### Work to complete:
State how many lines in the listing include the word "filename", and give no other text.

### Supplied data:
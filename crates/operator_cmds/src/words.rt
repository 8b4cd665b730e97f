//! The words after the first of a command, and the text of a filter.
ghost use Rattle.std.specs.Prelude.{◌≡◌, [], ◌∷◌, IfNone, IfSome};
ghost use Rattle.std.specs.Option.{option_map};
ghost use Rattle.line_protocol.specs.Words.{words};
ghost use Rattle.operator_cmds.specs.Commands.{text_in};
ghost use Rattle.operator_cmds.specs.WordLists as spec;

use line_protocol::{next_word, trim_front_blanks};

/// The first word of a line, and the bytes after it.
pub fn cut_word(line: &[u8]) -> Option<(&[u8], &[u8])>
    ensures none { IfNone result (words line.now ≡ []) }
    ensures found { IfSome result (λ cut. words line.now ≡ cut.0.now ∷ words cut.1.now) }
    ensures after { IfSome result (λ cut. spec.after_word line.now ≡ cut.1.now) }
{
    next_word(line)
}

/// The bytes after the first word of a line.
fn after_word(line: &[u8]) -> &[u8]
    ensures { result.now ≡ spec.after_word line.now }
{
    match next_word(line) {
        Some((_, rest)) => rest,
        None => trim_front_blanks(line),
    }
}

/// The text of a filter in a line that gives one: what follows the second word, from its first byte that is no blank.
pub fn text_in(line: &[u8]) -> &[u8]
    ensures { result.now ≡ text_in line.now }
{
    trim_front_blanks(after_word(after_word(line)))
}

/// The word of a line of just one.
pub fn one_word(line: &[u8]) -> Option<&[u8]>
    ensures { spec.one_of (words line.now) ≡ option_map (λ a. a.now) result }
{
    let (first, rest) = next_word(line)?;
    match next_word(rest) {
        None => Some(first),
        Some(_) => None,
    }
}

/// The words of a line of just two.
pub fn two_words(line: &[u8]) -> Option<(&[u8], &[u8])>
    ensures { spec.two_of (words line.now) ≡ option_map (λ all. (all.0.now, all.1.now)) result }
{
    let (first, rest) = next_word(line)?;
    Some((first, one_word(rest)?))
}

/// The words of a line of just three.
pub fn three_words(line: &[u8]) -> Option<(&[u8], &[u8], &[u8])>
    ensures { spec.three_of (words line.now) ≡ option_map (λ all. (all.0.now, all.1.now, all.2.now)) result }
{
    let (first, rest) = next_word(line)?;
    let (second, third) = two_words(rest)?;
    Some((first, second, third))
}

--

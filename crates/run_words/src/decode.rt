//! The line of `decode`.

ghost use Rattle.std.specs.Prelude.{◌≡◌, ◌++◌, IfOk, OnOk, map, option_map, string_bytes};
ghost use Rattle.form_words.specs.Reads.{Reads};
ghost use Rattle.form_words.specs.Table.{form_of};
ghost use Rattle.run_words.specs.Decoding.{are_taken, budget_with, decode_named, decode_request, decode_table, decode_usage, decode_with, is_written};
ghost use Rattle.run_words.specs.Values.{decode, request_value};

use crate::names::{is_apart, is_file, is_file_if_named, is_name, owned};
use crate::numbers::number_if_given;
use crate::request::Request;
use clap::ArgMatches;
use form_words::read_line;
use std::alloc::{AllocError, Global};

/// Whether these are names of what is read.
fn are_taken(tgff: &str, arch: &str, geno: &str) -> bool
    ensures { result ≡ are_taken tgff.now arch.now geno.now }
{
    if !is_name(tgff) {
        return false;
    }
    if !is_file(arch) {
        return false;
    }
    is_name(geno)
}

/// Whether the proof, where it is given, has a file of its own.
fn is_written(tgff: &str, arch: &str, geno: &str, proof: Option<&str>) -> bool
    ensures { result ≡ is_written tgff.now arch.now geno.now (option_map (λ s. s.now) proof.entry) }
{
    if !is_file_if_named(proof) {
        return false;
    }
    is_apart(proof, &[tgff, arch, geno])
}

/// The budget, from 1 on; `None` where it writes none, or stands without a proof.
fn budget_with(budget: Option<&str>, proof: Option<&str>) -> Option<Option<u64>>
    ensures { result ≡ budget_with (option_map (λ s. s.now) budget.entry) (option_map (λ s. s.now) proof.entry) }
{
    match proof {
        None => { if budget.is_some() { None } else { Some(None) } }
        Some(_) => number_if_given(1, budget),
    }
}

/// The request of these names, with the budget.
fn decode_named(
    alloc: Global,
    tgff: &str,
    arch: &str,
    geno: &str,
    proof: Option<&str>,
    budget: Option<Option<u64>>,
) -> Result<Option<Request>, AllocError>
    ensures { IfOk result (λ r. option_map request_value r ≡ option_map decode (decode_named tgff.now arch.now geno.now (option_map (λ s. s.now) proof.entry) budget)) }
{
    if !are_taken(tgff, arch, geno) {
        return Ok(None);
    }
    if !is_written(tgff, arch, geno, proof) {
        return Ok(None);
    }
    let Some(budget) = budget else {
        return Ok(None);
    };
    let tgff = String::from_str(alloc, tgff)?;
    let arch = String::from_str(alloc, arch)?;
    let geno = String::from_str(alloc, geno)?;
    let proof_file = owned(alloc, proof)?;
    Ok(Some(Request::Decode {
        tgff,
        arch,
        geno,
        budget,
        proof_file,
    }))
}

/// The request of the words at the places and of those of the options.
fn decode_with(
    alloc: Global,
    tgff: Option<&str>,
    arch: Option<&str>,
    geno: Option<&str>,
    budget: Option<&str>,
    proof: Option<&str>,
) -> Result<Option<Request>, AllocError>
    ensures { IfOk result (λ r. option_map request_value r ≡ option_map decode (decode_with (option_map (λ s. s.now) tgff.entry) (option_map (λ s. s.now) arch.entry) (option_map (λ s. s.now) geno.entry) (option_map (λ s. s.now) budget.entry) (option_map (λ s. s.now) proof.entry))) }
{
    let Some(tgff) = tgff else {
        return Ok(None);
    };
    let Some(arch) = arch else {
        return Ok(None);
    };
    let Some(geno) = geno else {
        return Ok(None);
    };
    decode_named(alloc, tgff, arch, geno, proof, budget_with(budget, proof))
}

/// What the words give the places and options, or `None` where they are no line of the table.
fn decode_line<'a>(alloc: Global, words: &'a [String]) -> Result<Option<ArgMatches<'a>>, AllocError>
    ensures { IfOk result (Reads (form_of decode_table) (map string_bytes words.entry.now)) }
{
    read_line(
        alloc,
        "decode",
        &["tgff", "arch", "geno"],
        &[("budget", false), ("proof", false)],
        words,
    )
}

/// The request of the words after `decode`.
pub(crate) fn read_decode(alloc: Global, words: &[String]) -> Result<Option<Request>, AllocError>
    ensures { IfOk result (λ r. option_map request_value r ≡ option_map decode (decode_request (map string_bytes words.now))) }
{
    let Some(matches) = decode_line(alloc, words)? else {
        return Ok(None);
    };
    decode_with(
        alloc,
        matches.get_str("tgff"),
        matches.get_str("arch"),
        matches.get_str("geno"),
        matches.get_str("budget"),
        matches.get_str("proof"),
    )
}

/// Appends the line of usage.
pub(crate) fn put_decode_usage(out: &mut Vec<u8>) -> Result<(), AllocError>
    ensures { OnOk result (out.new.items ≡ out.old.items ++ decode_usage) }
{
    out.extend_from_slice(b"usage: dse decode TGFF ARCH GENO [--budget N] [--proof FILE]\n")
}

### Response to this task:
2